Friday, August 19, 2011
Mysteries of Lisbon
R.I.P Raul Ruiz, who died today at 70, defeated by the liver cancer he was battling while making this film. Here's my review.
In movies, as in any form of storytelling, it helps to have a good tale to tell, but what really counts is telling your story well. Their aggressive lack of imagination is what makes all those Frankenstein’s-monster summer sequels and superhero movies so tedious, with their obligatory explosions, mind-numbingly generic characters and dialogue, and by-the-numbers crises and resolutions.
In sharp, refreshing contrast, the expertise of longtime director-producer partners Raul Ruiz and Paulo Branco makes Mysteries of Lisbon one of the most absorbing movies I’ve seen this year, although it’s ultimately just a high-class soap opera, produced as a six-part series for Portuguese TV and boiled down to a little over four hours for the big screen.
Ruiz, a Chilean expat who has been making movies since the 1960s, is famous in his adopted homeland of France and among cinephiles worldwide, though few of his more than 100 films have made it to the United States. An intellectual filmmaker prone to quoting Bertolt Brecht and other seminal thinkers, Ruiz says Mysteries of Lisbon is “probably one of the most theoretical films I’ve made,” yet it never feels the least bit dry. Beautifully shot and acted and expertly paced, it pulled me in and kept me close with the ease of a seasoned seducer.
A few of the things people say in this movie, like “That’s what youth is all about: Naivete and arrogance,” are worth chewing over, but in general words are used more to obfuscate than to clarify. In the opening scene, contradictory reports of a war being waged offscreen are left unresolved: We don’t know which version to believe — if either. That’s a fitting introduction to this meandering movie, in which the minimal present-day action is constantly being interrupted so yet another narrator can deliver another in a series of incomplete, sometimes conflicting, almost always engaging tales about dissolute nobles, doomed love, children separated at birth from their parents, and other melodramatic staples.
Whether they’re prisoners of social convention or self-invented free spirits, the people in these stories are rarely what they seem — or maybe it’s just that whatever they seem to be at any given moment is only a small part of the picture. Even the main character, a boy called Joao (Joao Arrais), is a shapeshifter whose true identity is as elusive as smoke. Shortly before we learn that his real name is Pedro, he introduces himself by saying: “I was 14 and I didn’t know who I was at all.”
As Pedro and Father Dinis (Adriano Luz), the wise priest who raised him, search for answers to key questions about their lives, stories within the story unfold. The first, the fairy-tale tragedy of Pedro’s high-born, low-status parents, leads to others in ever-widening, overlapping circles.

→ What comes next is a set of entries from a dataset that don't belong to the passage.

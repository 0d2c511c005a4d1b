// An element of a stream, as it stands alone.
ghost use Rattle.std.specs.Prelude.{◌≡◌, ◌+◌, ◌<◌, ◌≤◌, ◌++◌, ◌&&◌, ◌||◌, ◌==◌, not, IfOk, OnOk, None, drop, length, slice_index};
ghost use Rattle.std.specs.List.{list_any};
ghost use Rattle.body_cutter.specs.Chars.{is_space};
ghost use Rattle.xmpp_stream.specs.Qualified.{begins_namespace, has_namespace, is_bare, is_prefixed, name_length, namespace_text, qualified, stands_after, with_namespace};

use crate::tag::{ends_name, ends_tag, is_space, quote_after};
use bosh_types::Text;
use std::alloc::{AllocError, Global};

// How many bytes are put into an element.
const NAMESPACE_ROOM: usize = 22;

// How many bytes stand before the end of the name with which an element begins.
#[tactic(auto, unfolding(crate::specs::Qualified::name_length))]
fn name_length(element: &[u8]) -> usize
    ensures length { result ≡ name_length 0 element.now }
    ensures within { result ≤ length element.now }
{
    for (at, b) in element.iter().enumerate() {
        if ends_name(*b) {
            return at;
        }
    }
    element.len()
}

fn is_prefixed(element: &[u8]) -> bool
    ensures { result ≡ is_prefixed element.now }
{
    let name = &element[..name_length(element)];
    name.iter().any(|b| *b == b':')
}

// Whether an attribute's name ends with this byte.
fn ends_word(b: u8) -> bool
    ensures { result ≡ (is_space b || b == 61) }
{
    is_space(b) || b == b'='
}

// Whether the text begins with the attribute `xmlns` from this place on.
#[tactic(auto, unfolding(crate::specs::Qualified::begins_namespace))]
fn begins_namespace(text: &[u8], at: usize) -> bool
    requires { at ≤ length text.now }
    ensures { result ≡ begins_namespace (drop at text.now) }
{
    let rest = &text[at..];
    if !rest.starts_with(b"xmlns") {
        return false;
    }
    match rest.get(5) {
        None => false,
        Some(b) => ends_word(*b),
    }
}

// Whether that attribute stands after the byte at this place, outside of all values.
fn stands_after(quote: Option<u8>, text: &[u8], at: usize) -> bool
    requires { at < length text.now }
    ensures { result ≡ stands_after quote (slice_index text.now at) (drop (at + 1) text.now) }
{
    match quote {
        None => is_space(text[at]) && begins_namespace(text, at + 1),
        Some(_) => false,
    }
}

// Whether the start tag with which the text begins has an attribute `xmlns`.
#[tactic(auto, unfolding(crate::specs::Qualified::has_namespace))]
fn has_namespace(element: &[u8]) -> bool
    ensures { result ≡ has_namespace None element.now }
{
    let mut quote = None;
    for (at, b) in element.iter().enumerate() {
        if ends_tag(quote, *b) {
            return false;
        }
        if stands_after(quote, element, at) {
            return true;
        }
        quote = quote_after(quote, *b);
    }
    false
}

#[tactic(auto, unfolding(crate::specs::Qualified::is_bare))]
fn is_bare(element: &[u8]) -> bool
    ensures { result ≡ is_bare element.now }
{
    if is_prefixed(element) {
        return false;
    }
    !has_namespace(element)
}

#[tactic(auto, unfolding(crate::specs::Qualified::namespace_text))]
fn push_namespace(text: &mut Vec<u8>) -> Result<(), AllocError>
    ensures { OnOk result (text.new.items ≡ text.old.items ++ namespace_text) }
{
    text.extend_from_slice(b" xmlns='jabber:client'")
}

#[tactic(auto, unfolding(crate::specs::Qualified::with_namespace))]
fn with_namespace(alloc: Global, element: &[u8]) -> Result<Text, AllocError>
    ensures { IfOk result (λ text. text ≡ with_namespace element.now) }
{
    let at = name_length(element);
    let mut text = Vec::with_capacity(alloc, element.len().saturating_add(NAMESPACE_ROOM))?;
    text.extend_from_slice(&element[..at])?;
    push_namespace(&mut text)?;
    text.extend_from_slice(&element[at..])?;
    Ok(Text::from_vec(text))
}

// The element with the namespace of its stream, unless it has a prefix or a namespace of its own.
#[tactic(auto, unfolding(crate::specs::Qualified::qualified))]
pub(crate) fn qualified(alloc: Global, element: &[u8]) -> Result<Text, AllocError>
    ensures { IfOk result (λ text. text ≡ qualified element.now) }
{
    if is_bare(element) {
        return with_namespace(alloc, element);
    }
    Ok(Text::from_vec(Vec::from_slice(alloc, element)?))
}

Ruiz and screenwriter Carlos Saboga keep all that talk interesting, partly by switching from narration to re-enactments but mostly by balancing the melodrama inherent in the material (the screenplay is based on a novel by popular Portuguese author Camilo Castelo Branco) with a wry authorial reserve. People — most of them servants spying on their masters — often peer at or eavesdrop on one another through windows and doors, creating another layer of distance between us and the narrators and reminding us that, for all their troubles, they are the lucky ones, part of the ruling class in a society where social standing is paramount. The result is an unusual mixture of emotional investment and contemplative reserve that pulls you close without making you feel as if someone’s playing Twister with your intestines.
The excellent cast helps maintain that balance, delivering a grave and stately style of acting that fits the formal, somewhat antiquated dialogue. Their characters may be hard to pin down, but they’re never less than fully human. When a society lady feigns a faint in the midst of a party, we see the wounded pride, sheer panic, and faint hope of rescue that motivate her.
Ultimately, though, it’s the mysteries in Mysteries of Lisbon that give all that drama psychological depth, leaving you with the rare and satisfying sense of having seen a whole life unfold. Pedro’s story is sometimes tragic and sometimes ridiculous, but its telling is suffused with the bemused and loving wisdom of old age.